*** Source data ***

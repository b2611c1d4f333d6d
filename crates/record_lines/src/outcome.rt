// What a reader answers in place of an event, and where it stands.
use ecam_spec::RecordFault;
use thiserror::Error;

/// Why a reader has no event to answer.
#[derive(Clone, Copy, Debug, PartialEq, Eq, Error)]
pub enum LineError {
    /// The source failed. The bytes taken so far are kept, and the next call reads again.
    #[error("the source failed")]
    Failed,
    /// The record has this fault.
    #[error("the record has a fault")]
    Record(RecordFault),
}

// Where a reader stands.
#[derive(Clone, Copy, Debug, PartialEq, Eq)]
pub(crate) enum Stage {
    // In the lines of the record.
    Lines,
    // After the line that ends the record.
    Closing,
    // At the end of the record and of the source.
    Ended,
    // At the record's fault.
    Faulty(RecordFault),
}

*** End of Source data ***

(What to work on): Set down the records again, exactly.

(Written answer):
repository b2611c1d4f333d6d
filename crates/record_lines/src/outcome.rt
// What a reader answers in place of an event, and where it stands.
use ecam_spec::RecordFault;
use thiserror::Error;

/// Why a reader has no event to answer.
#[derive(Clone, Copy, Debug, PartialEq, Eq, Error)]
pub enum LineError {
    /// The source failed. The bytes taken so far are kept, and the next call reads again.
    #[error("the source failed")]
    Failed,
    /// The record has this fault.
    #[error("the record has a fault")]
    Record(RecordFault),
}

// Where a reader stands.
#[derive(Clone, Copy, Debug, PartialEq, Eq)]
pub(crate) enum Stage {
    // In the lines of the record.
    Lines,
    // After the line that ends the record.
    Closing,
    // At the end of the record and of the source.
    Ended,
    // At the record's fault.
    Faulty(RecordFault),
}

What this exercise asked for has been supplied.